Aku menerawang. Ya, tentu saja. Salsa selalu menjadi prioritas utama bagiku untuk menentukan semuanya. Terutama dalam hal besar seperti ini. Meski berat, aku optimis, perpisahan adalah jalan keputusan paling tepat bagiku dan Salsa. 






Masa bodo dengan Resty! Saat kejadian hina itu, otomatis ia langsung terblacklist dari deretan orang yang spesial di hatiku. Terbuang ke tempat sampah.






_____







"Kenapa gak kamu kasusin masalah kemarin itu, Fan?" sahut Edi, kemudian menyeruput kopinya. Saat ini kami sedang mengobrol ringan di teras rumahku.






Salsa sudah pulang setelah dua hari dirawat. Dan selama itu pula Resty selalu berada di sampingnya. Aku tidak bisa berkutik. Mau bagaimana lagi, semua karena campur tangan Emak.






Lagipula, melihat pemulihan Salsa yang sangat cepat saat ditemani ibunya membuat hatiku luluh. Maksudku, luluh untuk membiarkan Resty tetap berada di samping gadis mungil itu. Biar aku kesampingkan dulu ego demi anak.






Anak sepolos Salsa mengerti apa tentang masalah ini. Di pikirannya hanya ingin berada dekat dengan kedua orang tua. Seburuk-buruknya Resty, di mata suci Salsa, ia tetap ibu yang paling dicintainya. 







"Dikasusin bagaimana?" tanyaku seraya mengerutkan dahi.

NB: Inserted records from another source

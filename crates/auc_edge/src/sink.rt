//! Outputs that are written.

ghost use Rattle.std.specs.Prelude.{◌≡◌, ◌≤◌, ◌<◌, ◌⊎◌, ℕ, List, [], Option, length, take, IfOk, OnErr};
ghost use Rattle.auc_memory.specs.Faults.{Rose};
ghost use Rattle.auc_edge.specs.Sink.{Appends};

use auc_memory::Failed;

/// An output, which takes bytes in order.
pub trait Sink {
    /// What was written, if the sink reveals it.
    ghost written: { Self → Option (List ℕ) };

    /// How often a write has failed. The count never falls.
    ghost faults: { Self → ℕ };

    /// Writes the first bytes, and answers how many. It is a fault to take none of bytes that aren't
    /// empty. If it fails, nothing was written.
    fn write(&mut self, bytes: &[u8]) -> Result<usize, Failed>
        ensures bound { IfOk result (λ count. count ≤ length bytes.now) }
        ensures taken { IfOk result (λ count. Appends (written self.old) (written self.new) (take count bytes.now)) }
        ensures untouched { OnErr result (Appends (written self.old) (written self.new) []) }

        // If it fails or takes nothing, the count rose; otherwise the count stays.
        ensures later { faults self.old ≤ faults self.new }
        ensures failed { OnErr result (Rose (faults self.old) (faults self.new)) }
        ensures stuck { IfOk result (λ count. count ≡ 0 → 0 < length bytes.now
            → Rose (faults self.old) (faults self.new)) }
        ensures quiet { IfOk result (λ count. (0 < count) ⊎ (length bytes.now ≡ 0)
            → faults self.new ≡ faults self.old) };
}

"Ya, kamu minta si Herdi itu bayar sesuai yang kamu kehendaki. Kalau dia gak mampu, penjara ganjarannya." Belakangan, aku tahu nama selingkuhan Resty adalah Herdi.

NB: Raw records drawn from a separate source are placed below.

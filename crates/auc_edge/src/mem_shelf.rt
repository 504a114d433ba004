//! Files in memory.

ghost use Rattle.std.specs.Prelude.{◌≡◌, ◌≤◌, ◌^◌, ◌++◌, [], ◌∷◌, ℕ, List, length, Some, None, IfOk, OnOk, OnErr};
ghost use Rattle.std.specs.Option.{option_copied};
ghost use Rattle.std.specs.List.{position};
ghost use Rattle.std.specs.Str.{bytes_eq};
ghost use Rattle.std.specs.Result.{is_err};
ghost use Rattle.auc_memory.specs.Faults.{Rose};
ghost use Rattle.auc_edge.specs.Shelf.{file_of, ReadsFrom};
ghost use Rattle.auc_memory.specs.Buffer.{GivesFrom};
ghost use Rattle.auc_edge.specs.MemShelf.{place_of, faults_of, is_failing, after_fault, after_read, is_fault};

use crate::shelf::Shelf;
use auc_memory::{Failed, NoMemory, Octets};
use std::alloc::Global;
use std::marker::Model;

// A file: its name and its bytes.
#[derive(Drop)]
struct MemFile {
    name: Octets,
    bytes: Octets,
}

impl Model for MemFile {
    ghost use Rattle.auc_edge.specs.Shelf.{File};

    ghost Value = { File };

    ghost view = { λ f. record { name = f.name; bytes = f.bytes } };
}

/// A set of files in memory. A read fails if it was told to, or if no file has the name. Each file has
/// a count of faults, and all other names share one.
#[derive(Drop)]
pub struct MemShelf {
    files: Vec<MemFile>,
    counts: Vec<u64>,
    others: u64,
    reads: u64,
    failing: Vec<u64>,
}

impl Model for MemShelf {
    ghost use Rattle.auc_edge.specs.MemShelf.{ShelfState};

    ghost Value = { ShelfState };

    ghost view = { λ s. record { files = s.files.items; counts = s.counts.items; others = s.others; reads = s.reads; failing = s.failing.items } };
}

impl MemShelf {
    /// No files.
    pub fn new(alloc: Global) -> MemShelf
        ensures { result ≡ record { files = []; counts = []; others = 0; reads = 0; failing = [] } }
    {
        MemShelf {
            files: Vec::new(alloc),
            counts: Vec::new(alloc),
            others: 0,
            reads: 0,
            failing: Vec::new(alloc),
        }
    }

    /// Adds a file, whose count of faults starts at that of all other names. If memory runs out, nothing
    /// is added.
    pub fn add(&mut self, name: &[u8], bytes: &[u8]) -> Result<(), NoMemory>
        requires { file_of self.old.files name.now ≡ None }
        ensures put { OnOk result (self.new ≡ record self.old {
          files = self.old.files ++ record { name = name.now; bytes = bytes.now } ∷ [];
          counts = self.old.counts ++ self.old.others ∷ [];
        }) }
        ensures kept { OnErr result (self.new ≡ self.old) }
    {
        let alloc = *self.files.allocator();
        self.counts.reserve(1)?;
        self.files.push(file_of(alloc, name, bytes)?)?;
        self.counts.push(self.others)?;
        Ok(())
    }

    /// Makes a read fail, by its place among all reads, the first being 1. If memory runs out, nothing
    /// changes.
    pub fn fail(&mut self, ordinal: u64) -> Result<(), NoMemory>
        ensures told { OnOk result (self.new ≡ record self.old { failing = self.old.failing ++ ordinal ∷ [] }) }
        ensures kept { OnErr result (self.new ≡ self.old) }
    {
        self.failing.push(ordinal)?;
        Ok(())
    }

    // Whether the next read is to fail.
    fn is_failing(&self) -> bool
        ensures { result ≡ is_failing self.now }
    {
        self.failing.contains(&self.reads.saturating_add(1))
    }

    // Counts a fault of a name.
    fn count_fault(&mut self, name: &[u8])
        ensures { self.new ≡ after_fault self.old (place_of self.old.files name.now) }
    {
        let place = place_of(&self.files, name);
        if place < self.counts.len() {
            self.counts[place] = self.counts[place].saturating_add(1);
        } else {
            self.others = self.others.saturating_add(1);
        }
    }
}

impl Shelf for MemShelf {
    ghost files = { λ s. Some s.files };

    ghost faults = { λ s name. faults_of s name };

    fn read(&mut self, name: &[u8], from: u64, buf: &mut [u8]) -> Result<usize, Failed>
        requires { from ≤ 2 ^ 30 }

        ensures bound { IfOk result (λ count. count ≤ length buf.new) }
        ensures read { IfOk result (λ count. ReadsFrom (Some self.old.files) name.now from count buf.new) }
        ensures same { Some self.new.files ≡ Some self.old.files }
        ensures later { (other : List ℕ) → faults_of self.old other ≤ faults_of self.new other }
        ensures failed { OnErr result (Rose (faults_of self.old name.now) (faults_of self.new name.now)) }
        ensures quiet { OnOk result ((other : List ℕ) → faults_of self.new other ≡ faults_of self.old other) }

        // Exactly when it fails, and what it leaves.
        ensures outcome { is_err result ≡ is_fault self.old name.now }
        ensures state { self.new ≡ after_read self.old (is_err result) name.now }
    {
        let fails = self.is_failing();
        self.reads = self.reads.saturating_add(1);
        match bytes_of(&self.files, name) {
            Some(bytes) if !fails => Ok(copy_from(bytes, from as usize, buf)),
            _ => {
                self.count_fault(name);
                Err(Failed)
            }
        }
    }
}

// A file of a name and bytes.
fn file_of(alloc: Global, name: &[u8], bytes: &[u8]) -> Result<MemFile, NoMemory>
    ensures { IfOk result (λ file. file ≡ record { name = name.now; bytes = bytes.now }) }
{
    let name = Octets::copied_from(alloc, name)?;
    match Octets::copied_from(alloc, bytes) {
        Ok(bytes) => Ok(MemFile { name, bytes }),
        Err(refusal) => {
            give_back(name);
            Err(refusal)
        }
    }
}

// Gives a name back.
fn give_back(_name: Octets) {}

fn is_named(file: &MemFile, name: &[u8]) -> bool
    ensures { result ≡ bytes_eq file.now.name name.now }
{
    file.name.as_slice() == name
}

// The place of the file with a name, or the number of files if there is none.
fn place_of(files: &[MemFile], name: &[u8]) -> usize
    ensures { result ≡ place_of files.now name.now }
{
    position_of(files, name).unwrap_or(files.len())
}

// The place of the file with a name.
fn position_of(files: &[MemFile], name: &[u8]) -> Option<usize>
    ensures { result ≡ position (λ file. bytes_eq file.name name.now) files.now }
{
    files.iter().position(|file| is_named(file, name))
}

// The bytes of the file with a name.
fn bytes_of<'a>(files: &'a [MemFile], name: &[u8]) -> Option<&'a [u8]>
    ensures { option_copied result ≡ file_of files.now name.now }
{
    for file in files {
        if is_named(file, name) {
            return Some(file.bytes.as_slice());
        }
    }
    None
}

// Copies bytes from a place on into the front of a buffer, and answers how many.
fn copy_from(bytes: &[u8], from: usize, buf: &mut [u8]) -> usize
    ensures { GivesFrom bytes.now from result buf.new }
{
    let rest = &bytes[from.min(bytes.len())..];
    let count = rest.len().min(buf.len());
    buf[..count].copy_from_slice(&rest[..count]);
    count
}
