//! What is told as a job of a round begins and ends.

use std::sync::Wait;
use std::sync::atomic::Ordering::{AcqRel, Acquire, Release};
use std::sync::atomic::{AtomicBool, AtomicU32};
use std::thread;

/// What a round's workers call as they begin and end a job. A job is told by its number in the round, from 1. A gate may
/// hold a worker up; it changes nothing of what the round does.
pub trait Gate {
    /// A worker begins a job.
    fn enter<R: Wait>(&self, rt: &R, job: u32);

    /// A worker has served the last line of a job.
    fn leave<R: Wait>(&self, rt: &R, job: u32);
}

/// A gate that holds nobody.
#[derive(Drop)]
pub struct OpenGate {}

impl OpenGate {
    /// A gate.
    pub fn new() -> OpenGate {
        OpenGate {}
    }
}

impl Gate for OpenGate {
    fn enter<R: Wait>(&self, _rt: &R, _job: u32) {}

    fn leave<R: Wait>(&self, _rt: &R, _job: u32) {}
}

/// A gate at which the first two jobs of a round have to meet: each is held at its end until the other ends too. So it
/// shows whether two jobs are served at the same time. It is made for one round.
#[derive(Drop)]
pub struct TurnGate {
    // For how many turns a job is held at most.
    limit: u32,
    first_ends: AtomicBool,
    second_ends: AtomicBool,
    is_expired: AtomicBool,
    ended: AtomicU32,
}

impl TurnGate {
    /// A gate that holds a job for at most so many turns. In a turn the job's thread lets other threads run.
    pub fn new(limit: u32) -> TurnGate {
        TurnGate {
            limit,
            first_ends: AtomicBool::new(false),
            second_ends: AtomicBool::new(false),
            is_expired: AtomicBool::new(false),
            ended: AtomicU32::new(0),
        }
    }

    /// Whether a job was held until the limit.
    pub fn expired(&self) -> bool {
        self.is_expired.load(Acquire)
    }

    /// How many calls of `leave` have returned.
    pub fn left(&self) -> u32 {
        self.ended.load(Acquire)
    }

    /// Waits until the other job ends, at most until the limit.
    fn meet(&self, other_ends: &AtomicBool) {
        for _ in 0..self.limit {
            if other_ends.load(Acquire) {
                return;
            }
            thread::yield_now();
        }
        if !other_ends.load(Acquire) {
            self.is_expired.store(true, Release);
        }
    }
}

impl Gate for TurnGate {
    fn enter<R: Wait>(&self, _rt: &R, _job: u32) {}

    fn leave<R: Wait>(&self, _rt: &R, job: u32) {
        match job {
            1 => {
                self.first_ends.store(true, Release);
                self.meet(&self.second_ends);
            }
            2 => {
                self.second_ends.store(true, Release);
                self.meet(&self.first_ends);
            }
            _ => {}
        }
        self.ended.fetch_add(1, AcqRel);
    }
}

"Bah! Aku malas berurusan dengan mereka lagi. Najis! Lagian bukan sombong, masalah duit, aku sudah cukup."






"Ya, gak bisa diragukan. Kamu gak bakal kekurangan duit, Fan. Tapi, kan, dia cuma buruh pabrik sepertiku, pasti kalau kamu minta denda, kelabakan dia. Itung-itung ngasih pelajaran."







"Kalau gitu, bukanya aturannya aku harus mempertahankan si Resty? Sementara aku, melihatnya saja sudah muak!" jelasku mantap.






Edi hanya terkekeh seraya menepuk pundakku.







Di tengah obrolan, hapeku berdering di ruang tamu. Segera aku beranjak ke dalam. Barangkali penting. Ternyata panggilan dari Rizky. Segera kusentuh gambar gagang telepon berwarna hijau.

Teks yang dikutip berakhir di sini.